── PROVIDED MATERIAL ──

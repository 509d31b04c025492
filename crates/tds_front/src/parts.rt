//! What the bytes of an application's message are, one behind another (MS-TDS 2.2.3.1, 2.2.5.3).
ghost use Rattle.std.specs.Prelude.{◌≡◌, ◌≤◌, max};
ghost use Rattle.tds_front.specs.Bytes.{behind_length, body_in, body_count, due_for, kind_from, length_part_behind};
ghost use Rattle.tds_front.specs.Bytes.{part_of, run_of, told_body};

use crate::front::{Due, Part, Said};
use tds_packet::Kind;

/// The types that an application sends.
pub(crate) fn kind_from(byte: u8) -> Option<Kind>
    ensures { result ≡ kind_from byte }
{
    match byte {
        0x01 => Some(Kind::Batch),
        0x03 => Some(Kind::Procedure),
        0x06 => Some(Kind::Attention),
        0x07 => Some(Kind::BulkLoad),
        0x0E => Some(Kind::Transaction),
        _ => None,
    }
}

/// What the first data of a request are.
pub(crate) fn part_of(kind: Kind) -> Part
    ensures { result ≡ part_of kind }
{
    match kind {
        Kind::Batch | Kind::Procedure | Kind::Transaction => Part::Low,
        Kind::Answer | Kind::Attention | Kind::BulkLoad => Part::Body,
    }
}

/// What is due behind a header with so many bytes of data.
pub(crate) fn due_for(count: u16) -> Due
    ensures { result ≡ due_for count }
{
    if count == 0 {
        Due::Type
    } else {
        Due::Data(count)
    }
}

/// How many bytes are read at once, of so many that are there.
pub(crate) fn run_of(part: Part, there: u16) -> u16
    ensures is { result ≡ run_of part there }
    ensures most { result ≤ max 1 there }
{
    match part {
        Part::Low => 1,
        Part::High(_) => 1,
        Part::Third(_) => 1,
        Part::Fourth(_) => 1,
        Part::Headers(left) => left.min(there),
        Part::Body => there,
        Part::Dropped => there,
    }
}

/// How many of them are the body's.
pub(crate) fn body_of(part: Part, run: u16) -> u16
    ensures is { result ≡ body_count part run }
    ensures most { result ≤ run }
{
    match part {
        Part::Low => 0,
        Part::High(_) => 0,
        Part::Third(_) => 0,
        Part::Fourth(_) => 0,
        Part::Headers(_) => 0,
        Part::Body => run,
        Part::Dropped => 0,
    }
}

/// What is due behind them, of which this is the first one.
pub(crate) fn part_behind(part: Part, byte: u8, run: u16) -> Option<Part>
    ensures { result ≡ length_part_behind part byte run }
{
    match part {
        Part::Low => Some(Part::High(byte)),
        Part::High(low) => Some(Part::Third(u16::from(low) + 256 * u16::from(byte))),
        Part::Third(count) => (byte == 0).then_some(Part::Fourth(count)),
        Part::Fourth(count) => {
            if byte == 0 && count >= 4 {
                Some(behind_length(count))
            } else {
                None
            }
        }
        Part::Headers(left) => {
            if left == run {
                Some(Part::Body)
            } else {
                Some(Part::Headers(left.saturating_sub(run)))
            }
        }
        Part::Body => Some(Part::Body),
        Part::Dropped => Some(Part::Dropped),
    }
}

/// What is due behind the length of ALL_HEADERS, of which four bytes are its own.
fn behind_length(count: u16) -> Part
    requires { 4 ≤ count }
    ensures { result ≡ behind_length count }
{
    if count == 4 {
        Part::Body
    } else {
        Part::Headers(count - 4)
    }
}

/// So many bytes of a body, if they are any.
pub(crate) fn told(body: u16) -> Said
    ensures is { result ≡ told_body body }
    ensures body { body_in result ≡ body }
{
    if body == 0 {
        Said::Nothing
    } else {
        Said::Body(usize::from(body))
    }
}
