//! What of a script's tokens is no answer.

use std::alloc::{AllocError, Global};
use tds_wire::{Features, TokenParser};

/// The most columns of an answer in a script.
const COLUMNS: u16 = 1024;

/// The least byte of DONE, DONEPROC and DONEINPROC (MS-TDS 2.2.7.6 to 2.2.7.8).
const DONE: u8 = 0xfd;

/// At which byte tokens are no answer, and why; none where they are one.
pub(crate) fn fault_of<'a>(
    alloc: Global,
    tokens: &[u8],
) -> Result<Option<(u64, &'a str)>, AllocError> {
    let features = Features {
        encryption: false,
        ranks: false,
    };
    let mut parser = TokenParser::new(alloc, COLUMNS, features)?;
    let last = match last_token(&mut parser, tokens) {
        Ok(last) => last,
        Err(at) => return Ok(Some((at, "no token of an answer stands there"))),
    };
    let count = tokens.len() as u64;
    if !parser.is_between() {
        return Ok(Some((count, "its last token isn't whole")));
    }
    if last < DONE {
        return Ok(Some((count, "its last token is no DONE")));
    }
    Ok(None)
}

/// The first byte of the last token, 0 where there is none; or the byte at which no token stands.
fn last_token(parser: &mut TokenParser, tokens: &[u8]) -> Result<u8, u64> {
    let mut rest = tokens;
    let mut last = 0;
    for _ in 0..tokens.len() {
        if rest.is_empty() {
            break;
        }
        let fed = match parser.feed(rest) {
            Ok(fed) => fed,
            Err(refusal) => return Err(refusal.at),
        };
        if let Some(token) = fed.token {
            last = token.kind;
        }
        rest = &rest[fed.count..];
    }
    Ok(last)
}
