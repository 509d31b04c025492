ghost use Rattle.std.specs.Prelude.{◌≡◌, SomeIff};
ghost use Rattle.tds_packet.specs.Size.{IsPacketSize};

use std::marker::Model;

/// The greatest length of a packet in bytes, its header counted: 512 to 32,767.
///
/// Both ends hold the same one. It is handed in, since its negotiation at login is not spoken here.
#[derive(Clone, Copy, PartialEq, Eq, Debug)]
pub struct PacketSize(u16);

impl Model for PacketSize {
    ghost use Rattle.std.specs.Prelude.{ℕ};
    ghost use Rattle.tds_packet.specs.Size.{IsPacketSize};

    ghost Value = { ℕ };

    ghost view = { λ s. s.0 };

    ghost invariant = { λ s. IsPacketSize s.0 };

    ghost inverse = { λ n. record { 0 = n } };
}

impl PacketSize {
    /// The packet size of this many bytes, or none where it is out of range.
    pub fn new(size: u16) -> Option<PacketSize>
        ensures { SomeIff result (IsPacketSize size) size }
    {
        if size < 512 || size > 32767 {
            return None;
        }
        Some(PacketSize(size))
    }

    /// The number of bytes that it was made of.
    pub fn get(self) -> u16
        ensures value { result ≡ self }
        ensures range { IsPacketSize self }
    {
        self.0
    }
}
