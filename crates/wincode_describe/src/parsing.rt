//! The text of a type, as a Rust programmer writes it, to its description.
ghost use Rattle.std.specs.Prelude.{◌≡◌, ◌<◌, ◌/◌, [], false, None, option_map, length, IfErr, IfOk};
ghost use Rattle.std.specs.Fmt.{decimal};
ghost use Rattle.std.specs.String.{string_bytes};
ghost use Rattle.wincode_describe.specs.Forms.{Both, Choice, Form, Group, LastCase, Named, OneCase, Record, seen, seen_cases};
ghost use Rattle.wincode_describe.specs.Phrases.{left, pieces, Reads};
ghost use Rattle.wincode_describe.specs.Sources.{next_number};
ghost use Rattle.wincode_describe.specs.Readers.{
  IsKnownAs,
  IsRefusedOf,
  Makes,
  Parses,
  array_by,
  array_form,
  braced_by,
  container_by,
  cow_by,
  declared_as,
  declared_enum,
  declared_struct,
  enum_by,
  found_as,
  goes_on,
  greatest_of,
  has_tag,
  held_form,
  item_by,
  known_form,
  list_form,
  one_by,
  opening_of,
  pair_form,
  plain_of,
  range_form,
  readers,
  rounded_by,
  scheme_of,
  schemed,
  shape_by,
  short_by,
  std_plain_of,
  struct_by,
  tag_of,
  text_by,
  two_by,
  type_among,
  type_in,
  type_of,
};
ghost use Rattle.wincode_describe.specs.Spelled.{IsType};
ghost use Rattle.wincode_describe.specs.Written.{written};
ghost use Rattle.wincode_describe.specs.declared.described.TagSize.TheVariants.{U32};

use crate::declared::{Found, declaration_in, declared_tag, fault_of, refuse_names};
use crate::described::{Cases, Described, Integer, LengthScheme, StdType, TagSize};
use crate::error::{DescribeError, DescribeResult, wanted};
use crate::tokens::{Tokens, said_by, text_tokens};
use crate::upcoming::copied;
use std::alloc::Global;
use wincode_derive_text::{Token, tokens_of};

/// How many levels a type may have, where each further member of a tuple, a struct or an enum is one more.
pub const MAX_DEPTH: usize = 128;

impl Described {
    /// Reads a type as a Rust programmer writes it: `Vec<(u64, Option<String>, [u8; 32])>`. An error says what was
    /// wanted and at which byte of the text.
    pub fn parse(alloc: Global, text: &str) -> DescribeResult<Described>
        ensures ok { (form : Form) → IsType MAX_DEPTH form → text.now ≡ written form → Makes seen form result }
        ensures known { IfOk result (λ d. IsKnownAs (type_of text.now MAX_DEPTH) (seen d)) }
        ensures refused { IfErr result (IsRefusedOf (type_of text.now MAX_DEPTH)) }
    {
        whole_type(alloc, &[], text, MAX_DEPTH)
    }

    /// As `parse`, where the structs and enums that a Rust source file declares have their names: `Vec<Account>`. A
    /// struct is `struct { .. }`, where a field without a name has its number; an enum is one of cases by their tags. What
    /// `// wincode: with = ..` says stands for the field's type, as in `wincode_derive`. A declared type that has the name of
    /// one of std's is refused, since the name stands for that one.
    pub fn parse_with(alloc: Global, source: &str, text: &str) -> DescribeResult<Described>
        ensures ok { IfOk result (λ d. (form : Form) → IsType MAX_DEPTH form → text.now ≡ written form → seen d ≡ form) }
        ensures known { IfOk result (λ d. IsKnownAs (type_in source.now text.now MAX_DEPTH) (seen d)) }
    {
        let source = tokens_of(alloc, source)?;
        refuse_names(alloc, source.as_slice())?;
        whole_type(alloc, source.as_slice(), text, MAX_DEPTH)
    }
}

/// What holds one type.
#[derive(Clone, Copy)]
enum Holder {
    Option,
    Boxed,
    /// A box that several hold: of a text it holds a `String`, where `Box` is one itself.
    Shared,
    Set,
    List,
    /// What adds nothing to what it holds.
    Bare,
}

/// What holds two types.
#[derive(Clone, Copy)]
enum Pair {
    Result,
    Map,
}

/// What is a type by its word, made of others.
#[derive(Clone, Copy)]
enum Known {
    SharedText,
    IpAddr,
    SocketAddr,
}

/// What is to stand behind a word.
#[derive(Clone, Copy)]
enum Opening {
    Struct,
    Enum,
    ShortList,
    One(Holder),
    Two(Pair),
    Container,
    Range,
    Cow,
    /// Nothing.
    Known(Known),
    /// Nothing: it may be the name of a declared type.
    Name,
}

/// The type of a word that has no parts.
fn plain(word: &str) -> Option<Described>
    ensures { option_map seen result ≡ plain_of word.now }
{
    let integer = match word {
        "bool" => return Some(Described::Bool),
        "char" => return Some(Described::Char),
        "String" | "BoxedStr" | "CowStr" | "PathBuf" => return Some(Described::Text),
        "u8" => Integer::U8,
        "u16" => Integer::U16,
        "u32" => Integer::U32,
        "u64" => Integer::U64,
        "u128" => Integer::U128,
        "usize" => Integer::Usize,
        "i8" => Integer::I8,
        "i16" => Integer::I16,
        "i32" => Integer::I32,
        "i64" => Integer::I64,
        "i128" => Integer::I128,
        "isize" => Integer::Isize,
        _ => return std_plain(word),
    };
    Some(Described::Integer(integer))
}

/// So, of std's types.
fn std_plain(word: &str) -> Option<Described>
    ensures { option_map seen result ≡ std_plain_of word.now }
{
    let described = match word {
        "f32" => Described::Std(StdType::F32),
        "f64" => Described::Std(StdType::F64),
        "Duration" => Described::Std(StdType::Duration),
        "SystemTime" => Described::Std(StdType::SystemTime),
        "Ipv4Addr" => Described::Std(StdType::Ipv4Addr),
        "Ipv6Addr" => Described::Std(StdType::Ipv6Addr),
        "SocketAddrV4" => Described::Std(StdType::SocketAddrV4),
        "SocketAddrV6" => Described::Std(StdType::SocketAddrV6),
        "NonZeroU8" => Described::NonZero(Integer::U8),
        "NonZeroU16" => Described::NonZero(Integer::U16),
        "NonZeroU32" => Described::NonZero(Integer::U32),
        "NonZeroU64" => Described::NonZero(Integer::U64),
        "NonZeroU128" => Described::NonZero(Integer::U128),
        "NonZeroUsize" => Described::NonZero(Integer::Usize),
        "NonZeroI8" => Described::NonZero(Integer::I8),
        "NonZeroI16" => Described::NonZero(Integer::I16),
        "NonZeroI32" => Described::NonZero(Integer::I32),
        "NonZeroI64" => Described::NonZero(Integer::I64),
        "NonZeroI128" => Described::NonZero(Integer::I128),
        "NonZeroIsize" => Described::NonZero(Integer::Isize),
        _ => return None,
    };
    Some(described)
}

/// What is to stand behind a word that is no type by itself.
fn opened_by(word: &str) -> Opening
    ensures { result ≡ opening_of word.now }
{
    match word {
        "struct" => Opening::Struct,
        "enum" => Opening::Enum,
        "short" => Opening::ShortList,
        "Result" => Opening::Two(Pair::Result),
        "BTreeMap" | "HashMap" => Opening::Two(Pair::Map),
        "Option" => Opening::One(Holder::Option),
        "Box" => Opening::One(Holder::Boxed),
        "Rc" | "Arc" => Opening::One(Holder::Shared),
        "BTreeSet" | "HashSet" => Opening::One(Holder::Set),
        "Vec" | "VecDeque" | "LinkedList" | "BinaryHeap" | "CowSlice" => Opening::One(Holder::List),
        "Wrapping" | "Saturating" | "Reverse" | "RangeFrom" | "RangeTo" => {
            Opening::One(Holder::Bare)
        }
        "Range" | "RangeInclusive" => Opening::Range,
        "Cow" => Opening::Cow,
        "RcStr" | "ArcStr" => Opening::Known(Known::SharedText),
        "IpAddr" => Opening::Known(Known::IpAddr),
        "SocketAddr" => Opening::Known(Known::SocketAddr),
        "containers" => Opening::Container,
        _ => Opening::Name,
    }
}

/// The tag scheme of a word.
pub(crate) fn tag_size(word: &str) -> Option<TagSize>
    ensures { result ≡ tag_of word.now }
{
    match word {
        "u8" => Some(TagSize::U8),
        "u16" => Some(TagSize::U16),
        "u32" => Some(TagSize::U32),
        "u64" => Some(TagSize::U64),
        _ => None,
    }
}

/// How a list's length is written, by the word of its scheme.
fn length_scheme(word: &str) -> Option<LengthScheme>
    ensures { result ≡ scheme_of word.now }
{
    match word {
        "ShortU16Len" => Some(LengthScheme::Short),
        "BincodeLen" => Some(LengthScheme::Eight),
        _ => None,
    }
}

/// The greatest tag of a scheme.
fn greatest_tag(size: TagSize) -> usize
    ensures { result ≡ greatest_of size }
{
    match size {
        TagSize::U8 => 255,
        TagSize::U16 => 65535,
        TagSize::U32 => 4294967295,
        TagSize::U64 => usize::MAX,
    }
}

/// A list of such items; of bytes, all of which are one part.
fn list(alloc: Global, scheme: LengthScheme, item: Described) -> DescribeResult<Described>
    ensures { Makes seen (list_form scheme (seen item)) result }
{
    match item {
        Described::Integer(Integer::U8) => Ok(Described::ByteList(scheme)),
        item => Ok(Described::List(scheme, Box::new(alloc, item)?)),
    }
}

/// An array of such items; of bytes, all of which are one part.
fn array(alloc: Global, n: usize, item: Described) -> DescribeResult<Described>
    ensures { Makes seen (array_form n (seen item)) result }
{
    match item {
        Described::Integer(Integer::U8) => Ok(Described::ByteArray(n)),
        item => Ok(Described::Array(n, Box::new(alloc, item)?)),
    }
}

/// What holds one type, with that type.
fn held(alloc: Global, holder: Holder, part: Described) -> DescribeResult<Described>
    ensures { Makes seen (held_form holder (seen part)) result }
{
    match holder {
        Holder::Option => Ok(Described::Option(Box::new(alloc, part)?)),
        Holder::Boxed | Holder::Shared => Ok(Described::Boxed(Box::new(alloc, part)?)),
        Holder::Set => Ok(Described::Set(Box::new(alloc, part)?)),
        Holder::List => list(alloc, LengthScheme::Eight, part),
        Holder::Bare => Ok(part),
    }
}

/// What is a type by its word, made of others.
fn known_type(alloc: Global, known: Known) -> DescribeResult<Described>
    ensures { Makes seen (known_form known) result }
{
    match known {
        Known::SharedText => Ok(Described::Boxed(Box::new(alloc, Described::Text)?)),
        Known::IpAddr => {
            let four = Described::Std(StdType::Ipv4Addr);
            paired(alloc, Pair::Result, four, Described::Std(StdType::Ipv6Addr))
        }
        Known::SocketAddr => {
            let four = Described::Std(StdType::SocketAddrV4);
            paired(
                alloc,
                Pair::Result,
                four,
                Described::Std(StdType::SocketAddrV6),
            )
        }
    }
}

/// What holds a `str`, which stands at that byte, behind it.
fn text_at(
    alloc: Global,
    tokens: &mut Tokens,
    holder: Holder,
    at: usize,
) -> DescribeResult<Described>
    ensures { Reads [] seen (text_by holder (left tokens.old)) result (left tokens.new) }
{
    let text = match holder {
        Holder::Boxed => Described::Text,
        Holder::Shared => known_type(alloc, Known::SharedText)?,
        _ => return Err(wanted("a type", at)),
    };
    tokens.expect(">", "`>`")?;
    Ok(text)
}
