//! Written by `tools/templates`: schemas of tuples of 9 to 12 members.
ghost use Rattle.std.specs.Prelude.{IfOk, IfErr};
ghost use Rattle.wincode_base.specs.InWindow.{windowed_write};
ghost use Rattle.wincode_base.specs.Outcomes.{IsSized, SizeRefused, WriteOutcome};
ghost use Rattle.wincode_base.specs.PairLaws.{pair_write_laws, write_laws_by, windowed_write_laws};
ghost use Rattle.wincode_base.specs.Pairs.{pair_write};

use crate::schema::SchemaWrite;
use crate::schema::in_window::write_in_window;
use crate::schema::tuples::fronts::{
    encode_front_members_9, encode_front_members_10, encode_front_members_11,
    encode_front_members_12,
};
use crate::schema::tuples::shorter::size_of_members_8;
use wincode_base::error::WriteResult;
use wincode_base::meta::TypeMeta;
use wincode_base::parts::{Member, Members9, Members10, Members11, Members12};
use wincode_base::sizes::{joined_size, pair_meta};
use wincode_io::Writer;

/// The size of 9 members, each seen by a schema of its own: that of a tuple of them.
#[inline]
pub fn size_of_members_9<
    A: SchemaWrite,
    B: SchemaWrite,
    C: SchemaWrite,
    D: SchemaWrite,
    E: SchemaWrite,
    F: SchemaWrite,
    G: SchemaWrite,
    H: SchemaWrite,
    I: SchemaWrite,
>(
    a: &A::Src,
    b: &B::Src,
    c: &C::Src,
    d: &D::Src,
    e: &E::Src,
    f: &F::Src,
    g: &G::Src,
    h: &H::Src,
    i: &I::Src,
) -> WriteResult<usize>
    ensures ok { let tuple = ⟦<(A, B, C, D, E, F, G, H, I) as SchemaWrite>⟧ in IfOk result
        (IsSized tuple.writing (tuple.model (a.now, b.now, c.now, d.now, e.now, f.now, g.now, h.now, i.now))) }
    ensures err { let tuple = ⟦<(A, B, C, D, E, F, G, H, I) as SchemaWrite>⟧ in IfErr result
        (SizeRefused tuple.writing (tuple.model (a.now, b.now, c.now, d.now, e.now, f.now, g.now, h.now, i.now))) }
{
    joined_size(
        A::size_of(a),
        size_of_members_8::<B, C, D, E, F, G, H, I>(b, c, d, e, f, g, h, i),
    )
}

/// Writes 9 members through one window where all have one size.
#[inline]
fn write_9<
    A: SchemaWrite,
    B: SchemaWrite,
    C: SchemaWrite,
    D: SchemaWrite,
    E: SchemaWrite,
    F: SchemaWrite,
    G: SchemaWrite,
    H: SchemaWrite,
    I: SchemaWrite,
    W: Writer,
>(
    writer: &mut W,
    src: &(
        A::Src,
        (
            B::Src,
            (
                C::Src,
                (D::Src, (E::Src, (F::Src, (G::Src, (H::Src, I::Src))))),
            ),
        ),
    ),
) -> WriteResult<()>
    ensures { let s1 = src.now.1 in let s2 = s1.1 in let s3 = s2.1 in let s4 = s3.1 in let s5 = s4.1 in let s6 = s5.1 in let s7 = s6.1 in
        let s8 = s7.1 in
        WriteOutcome (windowed_write (pair_write A.writing (pair_write B.writing (pair_write C.writing (pair_write D.writing (pair_write E.writing
        (pair_write F.writing (pair_write G.writing (pair_write H.writing I.writing))))))))) (W.state writer.old) (W.state writer.new)
        (A.model src.now.0, (B.model s1.0, (C.model s2.0, (D.model s3.0, (E.model s4.0, (F.model s5.0, (G.model s6.0, (H.model s7.0, I.model s8))))))))
        (A.is_valid src.now.0 × (B.is_valid s1.0 × (C.is_valid s2.0 × (D.is_valid s3.0 × (E.is_valid s4.0 × (F.is_valid s5.0 × (G.is_valid s6.0 ×
        (H.is_valid s7.0 × I.is_valid s8)))))))) result }
{
    write_in_window::<Members9<A, B, C, D, E, F, G, H, I>, W>(writer, src)
}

───

**WHAT YOU HAVE TO DO**
Now copy each line of the entries that mentions "IsSized".

**RESULT OF THE EXERCISE**
ghost use Rattle.wincode_base.specs.Outcomes.{IsSized, SizeRefused, WriteOutcome};
        (IsSized tuple.writing (tuple.model (a.now, b.now, c.now, d.now, e.now, f.now, g.now, h.now, i.now))) }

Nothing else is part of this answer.